#### DATASET EXCERPTS
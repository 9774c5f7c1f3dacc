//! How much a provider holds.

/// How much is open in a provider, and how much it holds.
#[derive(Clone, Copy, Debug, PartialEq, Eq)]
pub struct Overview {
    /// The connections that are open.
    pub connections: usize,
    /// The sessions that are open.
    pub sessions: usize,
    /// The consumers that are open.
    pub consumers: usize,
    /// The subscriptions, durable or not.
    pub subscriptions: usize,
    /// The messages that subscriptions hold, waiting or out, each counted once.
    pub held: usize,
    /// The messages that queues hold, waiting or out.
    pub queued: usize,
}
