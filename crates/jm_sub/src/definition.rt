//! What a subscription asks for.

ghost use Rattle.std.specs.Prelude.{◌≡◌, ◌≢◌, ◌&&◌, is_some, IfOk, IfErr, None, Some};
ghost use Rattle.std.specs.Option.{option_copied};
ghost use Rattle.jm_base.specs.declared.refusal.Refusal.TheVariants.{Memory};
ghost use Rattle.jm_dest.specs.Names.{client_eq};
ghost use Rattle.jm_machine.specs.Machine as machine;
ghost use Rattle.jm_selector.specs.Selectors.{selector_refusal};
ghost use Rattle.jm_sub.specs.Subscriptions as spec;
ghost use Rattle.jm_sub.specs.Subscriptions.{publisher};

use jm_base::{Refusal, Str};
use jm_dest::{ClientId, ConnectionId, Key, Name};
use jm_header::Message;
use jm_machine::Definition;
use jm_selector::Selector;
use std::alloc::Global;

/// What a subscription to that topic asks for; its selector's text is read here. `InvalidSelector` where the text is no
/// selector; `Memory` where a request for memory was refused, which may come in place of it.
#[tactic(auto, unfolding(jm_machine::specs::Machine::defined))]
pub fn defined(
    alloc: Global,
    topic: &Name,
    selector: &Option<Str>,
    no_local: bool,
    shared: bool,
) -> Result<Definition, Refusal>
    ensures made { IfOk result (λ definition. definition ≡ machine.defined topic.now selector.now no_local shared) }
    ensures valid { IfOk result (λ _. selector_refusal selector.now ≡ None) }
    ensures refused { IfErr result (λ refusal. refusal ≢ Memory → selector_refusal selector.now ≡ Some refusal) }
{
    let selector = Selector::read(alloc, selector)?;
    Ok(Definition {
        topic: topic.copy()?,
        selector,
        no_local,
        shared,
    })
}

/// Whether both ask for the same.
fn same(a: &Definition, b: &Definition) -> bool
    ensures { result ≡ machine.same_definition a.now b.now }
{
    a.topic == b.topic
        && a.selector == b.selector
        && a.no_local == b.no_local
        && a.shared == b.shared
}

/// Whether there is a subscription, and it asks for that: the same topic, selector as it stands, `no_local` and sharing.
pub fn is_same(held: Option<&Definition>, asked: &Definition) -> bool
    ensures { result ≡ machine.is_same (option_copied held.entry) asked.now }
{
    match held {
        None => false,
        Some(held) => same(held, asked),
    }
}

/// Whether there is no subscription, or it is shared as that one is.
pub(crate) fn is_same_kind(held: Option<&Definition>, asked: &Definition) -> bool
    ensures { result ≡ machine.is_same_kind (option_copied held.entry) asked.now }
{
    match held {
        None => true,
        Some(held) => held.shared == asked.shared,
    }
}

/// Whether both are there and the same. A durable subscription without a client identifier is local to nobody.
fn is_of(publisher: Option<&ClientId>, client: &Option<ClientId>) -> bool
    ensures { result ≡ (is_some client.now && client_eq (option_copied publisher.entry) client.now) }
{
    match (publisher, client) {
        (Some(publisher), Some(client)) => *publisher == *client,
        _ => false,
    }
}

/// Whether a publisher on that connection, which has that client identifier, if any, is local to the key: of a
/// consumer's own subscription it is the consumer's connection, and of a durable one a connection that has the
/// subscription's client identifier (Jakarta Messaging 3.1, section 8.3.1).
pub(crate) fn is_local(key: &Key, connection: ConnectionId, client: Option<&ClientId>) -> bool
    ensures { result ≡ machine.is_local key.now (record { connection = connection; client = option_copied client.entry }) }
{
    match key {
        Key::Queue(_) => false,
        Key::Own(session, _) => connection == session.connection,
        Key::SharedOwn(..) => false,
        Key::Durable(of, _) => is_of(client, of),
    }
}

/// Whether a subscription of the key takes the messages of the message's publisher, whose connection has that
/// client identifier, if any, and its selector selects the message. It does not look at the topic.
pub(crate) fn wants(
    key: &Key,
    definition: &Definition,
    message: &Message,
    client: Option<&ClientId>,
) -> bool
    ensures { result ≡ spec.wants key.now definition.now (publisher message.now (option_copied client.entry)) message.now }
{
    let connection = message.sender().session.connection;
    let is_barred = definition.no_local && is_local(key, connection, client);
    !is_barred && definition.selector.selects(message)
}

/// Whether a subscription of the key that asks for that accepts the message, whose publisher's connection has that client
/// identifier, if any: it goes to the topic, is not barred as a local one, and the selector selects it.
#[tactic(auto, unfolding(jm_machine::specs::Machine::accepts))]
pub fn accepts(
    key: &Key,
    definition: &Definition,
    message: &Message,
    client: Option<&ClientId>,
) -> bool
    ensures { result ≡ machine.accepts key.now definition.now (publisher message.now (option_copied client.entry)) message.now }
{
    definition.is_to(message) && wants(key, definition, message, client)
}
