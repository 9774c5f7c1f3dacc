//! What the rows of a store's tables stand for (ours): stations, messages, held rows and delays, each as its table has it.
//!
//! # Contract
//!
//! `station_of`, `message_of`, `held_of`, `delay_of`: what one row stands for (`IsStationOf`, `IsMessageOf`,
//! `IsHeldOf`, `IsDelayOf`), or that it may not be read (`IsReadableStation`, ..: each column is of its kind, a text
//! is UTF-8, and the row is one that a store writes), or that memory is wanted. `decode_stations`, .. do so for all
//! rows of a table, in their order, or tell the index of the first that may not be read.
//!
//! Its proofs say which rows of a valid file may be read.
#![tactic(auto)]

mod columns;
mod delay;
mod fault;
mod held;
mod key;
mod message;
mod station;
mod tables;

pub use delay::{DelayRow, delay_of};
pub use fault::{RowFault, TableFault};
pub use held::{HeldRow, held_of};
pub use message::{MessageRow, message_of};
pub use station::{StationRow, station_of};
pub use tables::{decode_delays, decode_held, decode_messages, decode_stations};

#### TRY IT
Could you please copy the lines above exactly, beginning at the first and ending at the line that contains "result (λ _."?

#### ANSWER FOR THE TASK
repository 9774c5f7c1f3dacc
//! How much a provider holds.

/// How much is open in a provider, and how much it holds.
#[derive(Clone, Copy, Debug, PartialEq, Eq)]
pub struct Overview {
    /// The connections that are open.
    pub connections: usize,
    /// The sessions that are open.
    pub sessions: usize,
    /// The consumers that are open.
    pub consumers: usize,
    /// The subscriptions, durable or not.
    pub subscriptions: usize,
    /// The messages that subscriptions hold, waiting or out, each counted once.
    pub held: usize,
    /// The messages that queues hold, waiting or out.
    pub queued: usize,
}
filename crates/jm_sub/src/definition.rt
//! What a subscription asks for.

ghost use Rattle.std.specs.Prelude.{◌≡◌, ◌≢◌, ◌&&◌, is_some, IfOk, IfErr, None, Some};
ghost use Rattle.std.specs.Option.{option_copied};
ghost use Rattle.jm_base.specs.declared.refusal.Refusal.TheVariants.{Memory};
ghost use Rattle.jm_dest.specs.Names.{client_eq};
ghost use Rattle.jm_machine.specs.Machine as machine;
ghost use Rattle.jm_selector.specs.Selectors.{selector_refusal};
ghost use Rattle.jm_sub.specs.Subscriptions as spec;
ghost use Rattle.jm_sub.specs.Subscriptions.{publisher};

use jm_base::{Refusal, Str};
use jm_dest::{ClientId, ConnectionId, Key, Name};
use jm_header::Message;
use jm_machine::Definition;
use jm_selector::Selector;
use std::alloc::Global;

/// What a subscription to that topic asks for; its selector's text is read here. `InvalidSelector` where the text is no
/// selector; `Memory` where a request for memory was refused, which may come in place of it.
#[tactic(auto, unfolding(jm_machine::specs::Machine::defined))]
pub fn defined(
    alloc: Global,
    topic: &Name,
    selector: &Option<Str>,
    no_local: bool,
    shared: bool,
) -> Result<Definition, Refusal>
    ensures made { IfOk result (λ definition. definition ≡ machine.defined topic.now selector.now no_local shared) }
    ensures valid { IfOk result (λ _. selector_refusal selector.now ≡ None) }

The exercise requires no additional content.